▸ **WHAT YOU ARE ASKED TO DO**
Each line of the data should be duplicated precisely.

▸ **THE DATA**
-- Opening Marker --

//! Fields from bytes.

ghost use Rattle.std.specs.Prelude.{◌≡◌, ◌⊎◌, ◌+◌, ◌<◌, ◌≤◌, ◌^◌, length, List, IfOk, IfErr, Ok};
ghost use Rattle.std.specs.Int.{w32, w64};
ghost use Rattle.proto_wire.specs.Field.{field_view, value_view, WireField};
ghost use Rattle.proto_wire.specs.Wire.{Wire};
ghost use Rattle.proto_wire.specs.Reading.{Gives, Fails, Refuses, varint_at, fixed_at, tag_at, sized_at, value_at, field_at, fields_of};

use crate::fault::WireError;
use crate::field::{Field, Fields, Value};
use std::alloc::Global;

/// The largest number that a field has.
const MAX_NUMBER: u64 = 0x1fff_ffff;

#[tactic(auto, unfolding(crate::specs::Reading::varint_at))]
fn varint_in(at: usize, more: u8, bytes: &[u8]) -> Result<(u64, &[u8]), WireError>
    requires { more ≤ 10 }
    ensures { Gives (λ x. (x.0, x.1.now)) result (varint_at at more bytes.now) }
{
    match bytes {
        [] => Err(WireError::Truncated { at }),
        [b, rest @ ..] => {
            if more <= 1 {
                // The tenth byte has room for the last bit alone.
                if *b > 1 {
                    return Err(WireError::BadVarint { at });
                }
                return Ok((u64::from(*b), rest));
            }
            if *b < 128 {
                return Ok((u64::from(*b), rest));
            }
            let (high, rest) = varint_in(at, more - 1, rest)?;
            Ok((u64::from(*b) - 128 + 128 * high, rest))
        }
    }
}

pub(crate) fn varint(at: usize, bytes: &[u8]) -> Result<(u64, &[u8]), WireError>
    ensures { Gives (λ x. (x.0, x.1.now)) result (varint_at at 10 bytes.now) }
{
    varint_in(at, 10, bytes)
}

fn fixed64(at: usize, bytes: &[u8]) -> Result<(u64, &[u8]), WireError>
    ensures { Gives (λ x. (x.0, x.1.now)) result (fixed_at at w64 bytes.now) }
{
    if bytes.len() < 8 {
        return Err(WireError::Truncated { at });
    }
    let (front, rest) = bytes.split_at(8);
    let number = u64::from_le_bytes([
        front[0], front[1], front[2], front[3], front[4], front[5], front[6], front[7],
    ]);
    Ok((number, rest))
}

fn fixed32(at: usize, bytes: &[u8]) -> Result<(u32, &[u8]), WireError>
    ensures { Gives (λ x. (x.0, x.1.now)) result (fixed_at at w32 bytes.now) }
{
    if bytes.len() < 4 {
        return Err(WireError::Truncated { at });
    }
    let (front, rest) = bytes.split_at(4);
    let number = u32::from_le_bytes([front[0], front[1], front[2], front[3]]);
    Ok((number, rest))
}

#[tactic(auto, unfolding(crate::specs::Reading::tag_at))]
fn tag(at: usize, bytes: &[u8]) -> Result<((u32, u8), &[u8]), WireError>
    ensures { Gives (λ x. (x.0, x.1.now)) result (tag_at at bytes.now) }
{
    let (key, rest) = varint(at, bytes)?;
    let wire = (key % 8) as u8;
    let number = key / 8;
    if wire == 3 || wire == 4 {
        return Err(WireError::Group { at });
    }
    if wire > 5 || number == 0 || number > MAX_NUMBER {
        return Err(WireError::BadTag { at });
    }
    Ok(((number as u32, wire), rest))
}

#[tactic(auto, unfolding(crate::specs::Reading::sized_at))]
fn sized(at: usize, bytes: &[u8]) -> Result<(&[u8], &[u8]), WireError>
    ensures { Gives (λ x. (x.0.now, x.1.now)) result (sized_at at bytes.now) }
{
    let (size, rest) = varint(at, bytes)?;
    if (rest.len() as u64) < size {
        return Err(WireError::Truncated { at });
    }
    let (content, rest) = rest.split_at(size as usize);
    Ok((content, rest))
}

#[tactic(auto, unfolding(crate::specs::Reading::value_at))]
fn value(at: usize, wire: u8, bytes: &[u8]) -> Result<(Value<'_>, &[u8]), WireError>
    ensures { Gives (λ x. (value_view x.0, x.1.now)) result (value_at at wire bytes.now) }
{
    if wire == 0 {
        let (number, rest) = varint(at, bytes)?;
        return Ok((Value::Int(number), rest));
    }
    if wire == 1 {
        let (number, rest) = fixed64(at, bytes)?;
        return Ok((Value::Fixed64(number), rest));
    }
    if wire == 2 {
        let (content, rest) = sized(at, bytes)?;
        return Ok((Value::Bytes(content), rest));
    }
    let (number, rest) = fixed32(at, bytes)?;
    Ok((Value::Fixed32(number), rest))
}

#[tactic(auto, unfolding(crate::specs::Reading::field_at))]
fn field(at: usize, bytes: &[u8]) -> Result<(Field<'_>, &[u8]), WireError>
    ensures { Gives (λ x. (field_view x.0, x.1.now)) result (field_at at bytes.now) }
{
    let ((number, wire), rest) = tag(at, bytes)?;
    let (value, rest) = value(at, wire, rest)?;
    Ok((Field { number, at, value }, rest))
}

fn all(alloc: Global, bytes: &[u8]) -> Result<Fields<'_>, WireError>
    ensures { Gives (λ fs. fs) result (fields_of bytes.now) }
{
    let mut found = Vec::new(alloc);
    let mut rest = bytes;
    'fields: while !rest.is_empty() {
        let at = bytes.len() - rest.len();
        let (next, after) = field(at, rest)?;
        found.push(next)?;
        rest = after;
    }
    Ok(Fields::from_vec(found))
}

/// All fields of the bytes, in their order.
pub fn fields(alloc: Global, bytes: &[u8]) -> Result<Fields<'_>, WireError>
    // What is read is spelled by the bytes, all of them.
    ensures found { IfOk result (Wire 0 bytes.now) }
    // What they spell is read, unless memory runs out.
    ensures only { (fs : List WireField) → Wire 0 bytes.now fs → Gives (λ fs. fs) result (Ok fs) }
    // A refusal comes where no field begins, and says which fault is the first there.
    ensures refused { IfErr result (λ e. (e ≡ WireError.OutOfMemory) ⊎ Refuses bytes.now e) }
    // The same as a function, for the crates above.
    ensures exact { Gives (λ fs. fs) result (fields_of bytes.now) }
{
    all(alloc, bytes)
}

-- Closing Marker --

▸ **PROBLEM SOLUTION**
//! Fields from bytes.

ghost use Rattle.std.specs.Prelude.{◌≡◌, ◌⊎◌, ◌+◌, ◌<◌, ◌≤◌, ◌^◌, length, List, IfOk, IfErr, Ok};
ghost use Rattle.std.specs.Int.{w32, w64};
ghost use Rattle.proto_wire.specs.Field.{field_view, value_view, WireField};
ghost use Rattle.proto_wire.specs.Wire.{Wire};
ghost use Rattle.proto_wire.specs.Reading.{Gives, Fails, Refuses, varint_at, fixed_at, tag_at, sized_at, value_at, field_at, fields_of};

use crate::fault::WireError;
use crate::field::{Field, Fields, Value};
use std::alloc::Global;

/// The largest number that a field has.
const MAX_NUMBER: u64 = 0x1fff_ffff;

#[tactic(auto, unfolding(crate::specs::Reading::varint_at))]
fn varint_in(at: usize, more: u8, bytes: &[u8]) -> Result<(u64, &[u8]), WireError>
    requires { more ≤ 10 }
    ensures { Gives (λ x. (x.0, x.1.now)) result (varint_at at more bytes.now) }
{
    match bytes {
        [] => Err(WireError::Truncated { at }),
        [b, rest @ ..] => {
            if more <= 1 {
                // The tenth byte has room for the last bit alone.
                if *b > 1 {
                    return Err(WireError::BadVarint { at });
                }
                return Ok((u64::from(*b), rest));
            }
            if *b < 128 {
                return Ok((u64::from(*b), rest));
            }
            let (high, rest) = varint_in(at, more - 1, rest)?;
            Ok((u64::from(*b) - 128 + 128 * high, rest))
        }
    }
}

pub(crate) fn varint(at: usize, bytes: &[u8]) -> Result<(u64, &[u8]), WireError>
    ensures { Gives (λ x. (x.0, x.1.now)) result (varint_at at 10 bytes.now) }
{
    varint_in(at, 10, bytes)
}

fn fixed64(at: usize, bytes: &[u8]) -> Result<(u64, &[u8]), WireError>
    ensures { Gives (λ x. (x.0, x.1.now)) result (fixed_at at w64 bytes.now) }
{
    if bytes.len() < 8 {
        return Err(WireError::Truncated { at });
    }
    let (front, rest) = bytes.split_at(8);
    let number = u64::from_le_bytes([
        front[0], front[1], front[2], front[3], front[4], front[5], front[6], front[7],
    ]);
    Ok((number, rest))
}

fn fixed32(at: usize, bytes: &[u8]) -> Result<(u32, &[u8]), WireError>
    ensures { Gives (λ x. (x.0, x.1.now)) result (fixed_at at w32 bytes.now) }
{
    if bytes.len() < 4 {
        return Err(WireError::Truncated { at });
    }
    let (front, rest) = bytes.split_at(4);
    let number = u32::from_le_bytes([front[0], front[1], front[2], front[3]]);
    Ok((number, rest))
}

#[tactic(auto, unfolding(crate::specs::Reading::tag_at))]
fn tag(at: usize, bytes: &[u8]) -> Result<((u32, u8), &[u8]), WireError>
    ensures { Gives (λ x. (x.0, x.1.now)) result (tag_at at bytes.now) }
{
    let (key, rest) = varint(at, bytes)?;
    let wire = (key % 8) as u8;
    let number = key / 8;
    if wire == 3 || wire == 4 {
        return Err(WireError::Group { at });
    }
    if wire > 5 || number == 0 || number > MAX_NUMBER {
        return Err(WireError::BadTag { at });
    }
    Ok(((number as u32, wire), rest))
}

#[tactic(auto, unfolding(crate::specs::Reading::sized_at))]
fn sized(at: usize, bytes: &[u8]) -> Result<(&[u8], &[u8]), WireError>
    ensures { Gives (λ x. (x.0.now, x.1.now)) result (sized_at at bytes.now) }
{
    let (size, rest) = varint(at, bytes)?;
    if (rest.len() as u64) < size {
        return Err(WireError::Truncated { at });
    }
    let (content, rest) = rest.split_at(size as usize);
    Ok((content, rest))
}

#[tactic(auto, unfolding(crate::specs::Reading::value_at))]
fn value(at: usize, wire: u8, bytes: &[u8]) -> Result<(Value<'_>, &[u8]), WireError>
    ensures { Gives (λ x. (value_view x.0, x.1.now)) result (value_at at wire bytes.now) }
{
    if wire == 0 {
        let (number, rest) = varint(at, bytes)?;
        return Ok((Value::Int(number), rest));
    }
    if wire == 1 {
        let (number, rest) = fixed64(at, bytes)?;
        return Ok((Value::Fixed64(number), rest));
    }
    if wire == 2 {
        let (content, rest) = sized(at, bytes)?;
        return Ok((Value::Bytes(content), rest));
    }
    let (number, rest) = fixed32(at, bytes)?;
    Ok((Value::Fixed32(number), rest))
}

#[tactic(auto, unfolding(crate::specs::Reading::field_at))]
fn field(at: usize, bytes: &[u8]) -> Result<(Field<'_>, &[u8]), WireError>
    ensures { Gives (λ x. (field_view x.0, x.1.now)) result (field_at at bytes.now) }
{
    let ((number, wire), rest) = tag(at, bytes)?;
    let (value, rest) = value(at, wire, rest)?;
    Ok((Field { number, at, value }, rest))
}

fn all(alloc: Global, bytes: &[u8]) -> Result<Fields<'_>, WireError>
    ensures { Gives (λ fs. fs) result (fields_of bytes.now) }
{
    let mut found = Vec::new(alloc);
    let mut rest = bytes;
    'fields: while !rest.is_empty() {
        let at = bytes.len() - rest.len();
        let (next, after) = field(at, rest)?;
        found.push(next)?;
        rest = after;
    }
    Ok(Fields::from_vec(found))
}

/// All fields of the bytes, in their order.
pub fn fields(alloc: Global, bytes: &[u8]) -> Result<Fields<'_>, WireError>
    // What is read is spelled by the bytes, all of them.
    ensures found { IfOk result (Wire 0 bytes.now) }
    // What they spell is read, unless memory runs out.
    ensures only { (fs : List WireField) → Wire 0 bytes.now fs → Gives (λ fs. fs) result (Ok fs) }
    // A refusal comes where no field begins, and says which fault is the first there.
    ensures refused { IfErr result (λ e. (e ≡ WireError.OutOfMemory) ⊎ Refuses bytes.now e) }
    // The same as a function, for the crates above.
    ensures exact { Gives (λ fs. fs) result (fields_of bytes.now) }
{
    all(alloc, bytes)
}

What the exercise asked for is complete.